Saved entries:
--- START ---

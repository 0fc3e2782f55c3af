//! What a link's server reported of its parameters at the start, and whether it has told other values since
//! (PostgreSQL manual, "Asynchronous Operations").
ghost use Rattle.std.specs.Prelude.{◌≡◌, ◌≤◌, ◌<◌, [], true, bytes_eq, length, IfOk, OnErr, OnOk};
ghost use Rattle.param_track.specs.declared.reported.ReportError.TheVariants.{OutOfMemory};
ghost use Rattle.param_track.specs.KeptReports as spec;
ghost use Rattle.param_track.specs.KeptReports.{Adds, Tells, first_told, has_name, is_at_start, told, with_first, with_told};

use message_view::StatusView;
use start_keys::text::Text;
use std::alloc::{AllocError, Global};
use std::marker::Model;

/// How many names a start may report.
pub const MAX_NAMES: usize = 64;

/// Why a report of the start wasn't added.
#[derive(Clone, Copy, Debug, PartialEq, Eq, Drop)]
pub enum ReportError {
    /// [`MAX_NAMES`] other names were reported already.
    TooMany,
    /// An allocation failed.
    OutOfMemory,
}

impl From<AllocError> for ReportError {
    ghost from_gives = { λ _ fault. fault ≡ OutOfMemory };

    fn from(_error: AllocError) -> ReportError {
        ReportError::OutOfMemory
    }
}

/// A parameter that the start reported: its name, the value at the start, and whether the value last told is
/// another.
pub struct StartReport {
    name: Text,
    value: Text,
    differs: bool,
}

impl Drop for StartReport {
    fn drop(self) {
        let StartReport {
            name: _,
            value: _,
            differs: _,
        } = self;
    }
}

impl Model for StartReport {
    ghost use Rattle.param_track.specs.KeptReports.{KeptReport};

    ghost Value = { KeptReport };

    ghost view = { λ r. record { name = r.name; value = r.value; differs = r.differs } };
}

impl StartReport {
    /// The name of the parameter, as it was reported.
    pub fn name(&self) -> &[u8]
        ensures { result.now ≡ self.now.name }
    {
        self.name.as_slice()
    }

    /// The value at the start.
    pub fn value(&self) -> &[u8]
        ensures { result.now ≡ self.now.value }
    {
        self.value.as_slice()
    }

    /// Whether it is of this parameter.
    fn is_of(&self, name: &[u8]) -> bool
        ensures { result ≡ bytes_eq self.now.name name.now }
    {
        self.name.is(name)
    }

    /// A report of the start.
    fn first(alloc: Global, report: &StatusView<'_>) -> Result<StartReport, AllocError>
        ensures { IfOk result (λ r. r ≡ first_told (report.now.name.now, report.now.setting.now)) }
    {
        Ok(StartReport {
            name: Text::from_slice(alloc, report.name)?,
            value: Text::from_slice(alloc, report.setting)?,
            differs: false,
        })
    }

    /// Whether the value last told of it is another than at the start.
    fn differs(&self) -> bool
        ensures { result ≡ self.now.differs }
    {
        self.differs
    }

    /// This value is told of it.
    fn tell(&mut self, value: &[u8])
        ensures { self.new ≡ told self.old value.now }
    {
        self.differs = !self.value.is(value);
    }
}

/// The parameters that a link's start reported, each name once, in the order in which they came; and which of
/// them the server has told another value of since then.
pub struct Reported {
    reports: Vec<StartReport>,
}

impl Drop for Reported {
    fn drop(self) {
        let Reported { reports: _ } = self;
    }
}

impl Model for Reported {
    ghost use Rattle.std.specs.Prelude.{List};
    ghost use Rattle.param_track.specs.KeptReports.{KeptReport};

    ghost Value = { List KeptReport };

    ghost view = { λ r. r.reports.items };
}

/// How many of the reports come before that of the name.
fn place_of(reports: &[StartReport], name: &[u8]) -> usize
    ensures place { result ≡ spec.place_of name.now reports.now }
    ensures bound { result ≤ length reports.now }
{
    let mut place = 0;
    while place < reports.len() && !reports[place].is_of(name) {
        place += 1;
    }
    place
}

/// Whether the value last told of some parameter is another than at the start.
fn is_one_other(reports: &[StartReport]) -> bool
    ensures { result ≡ spec.is_one_other reports.now }
{
    reports.iter().any(|report| report.differs())
}

/// Puts a report at its place: that of its name, or the end.
fn put_at(
    reports: &mut Vec<StartReport>,
    place: usize,
    report: StartReport,
) -> Result<(), AllocError>
    ensures ok { OnOk result (reports.new.items ≡ spec.put_at place report reports.old.items) }
    ensures err { OnErr result (reports.new.items ≡ reports.old.items) }
{
    if place < reports.len() {
        reports[place] = report;
        return Ok(());
    }
    reports.push(report)?;
    Ok(())
}

/// Tells the report at this place, which is that of the name, its value.
fn tell_at(reports: &mut Vec<StartReport>, place: usize, report: &StatusView<'_>)
    requires place { place ≡ spec.place_of report.now.name.now reports.old.items }
    requires there { place < length reports.old.items }
    ensures { reports.new.items ≡ with_told reports.old.items (report.now.name.now, report.now.setting.now) }
{
    reports[place].tell(report.setting);
}

impl Reported {
    /// Nothing is reported yet.
    pub fn new(alloc: Global) -> Reported
        ensures { Tells result [] [] }
    {
        Reported {
            reports: Vec::new(alloc),
        }
    }

    /// Whether the start reported the name.
    #[tactic(auto, using(crate::proofs::Reporting::has_at))]
    fn has(&self, name: &[u8]) -> bool
        ensures { result ≡ has_name self.now name.now }
    {
        place_of(self.reports.as_slice(), name) < self.reports.len()
    }

    /// Whether a report of this name can be added.
    fn fits(&self, name: &[u8]) -> bool
        ensures { result ≡ spec.fits self.now name.now }
    {
        self.has(name) || self.reports.len() < MAX_NAMES
    }

    /// Puts a report of the start at the place of its name, which fits.
    #[tactic(auto, using(crate::proofs::Reporting::first_at))]
    fn put(&mut self, alloc: Global, report: &StatusView<'_>) -> Result<(), AllocError>
        requires { spec.fits self.old report.now.name.now ≡ true }
        ensures ok { OnOk result (self.new ≡ with_first self.old (report.now.name.now, report.now.setting.now)) }
        ensures err { OnErr result (self.new ≡ self.old) }
    {
        let first = StartReport::first(alloc, report)?;
        let place = place_of(self.reports.as_slice(), report.name);
        put_at(&mut self.reports, place, first)
    }

    /// Adds a report of the start. Of a name that was reported already the new value counts, at its old
    /// place: what the server told last is what it is held to.
    ///
    /// [`ReportError::TooMany`] where it is a new name and [`MAX_NAMES`] are there;
    /// [`ReportError::OutOfMemory`] only where there is none left. With either all stays as it was.
    pub fn add(&mut self, alloc: Global, report: &StatusView<'_>) -> Result<(), ReportError>
        ensures { Adds (report.now.name.now, report.now.setting.now) self.old self.new result }
    {
        if !self.fits(report.name) {
            return Err(ReportError::TooMany);
        }
        self.put(alloc, report)?;
        Ok(())
    }

    /// The server has told this since the start. `false`: the start didn't report the name, and nothing
    /// changes. It takes no memory.
    #[tactic(auto, using(crate::proofs::Reporting::has_there, crate::proofs::Reporting::told_none))]
    pub fn apply(&mut self, report: &StatusView<'_>) -> bool
        ensures answer { result ≡ has_name self.old report.now.name.now }
        ensures told { self.new ≡ with_told self.old (report.now.name.now, report.now.setting.now) }
    {
        if !self.has(report.name) {
            return false;
        }
        let place = place_of(self.reports.as_slice(), report.name);
        tell_at(&mut self.reports, place, report);
        true
    }

    /// Whether each value last told is the start's, byte for byte. It takes no memory.
    pub fn at_start(&self) -> bool
        ensures { result ≡ is_at_start self.now }
    {
        !is_one_other(self.reports.as_slice())
    }

    /// The parameters of the start, in its order: what a link's next client is told at its welcome.
    pub fn reports(&self) -> &[StartReport]
        ensures { result.now ≡ self.now }
    {
        self.reports.as_slice()
    }
}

--- END ---

**The problem**: From the data above, return every line from the line that has "result ≡ self.now.differs" up to and including the line that has "self.differs = !self.value.is(value);", exactly.

**Answer area**:
        ensures { result ≡ self.now.differs }
    {
        self.differs
    }

    /// This value is told of it.
    fn tell(&mut self, value: &[u8])
        ensures { self.new ≡ told self.old value.now }
    {
        self.differs = !self.value.is(value);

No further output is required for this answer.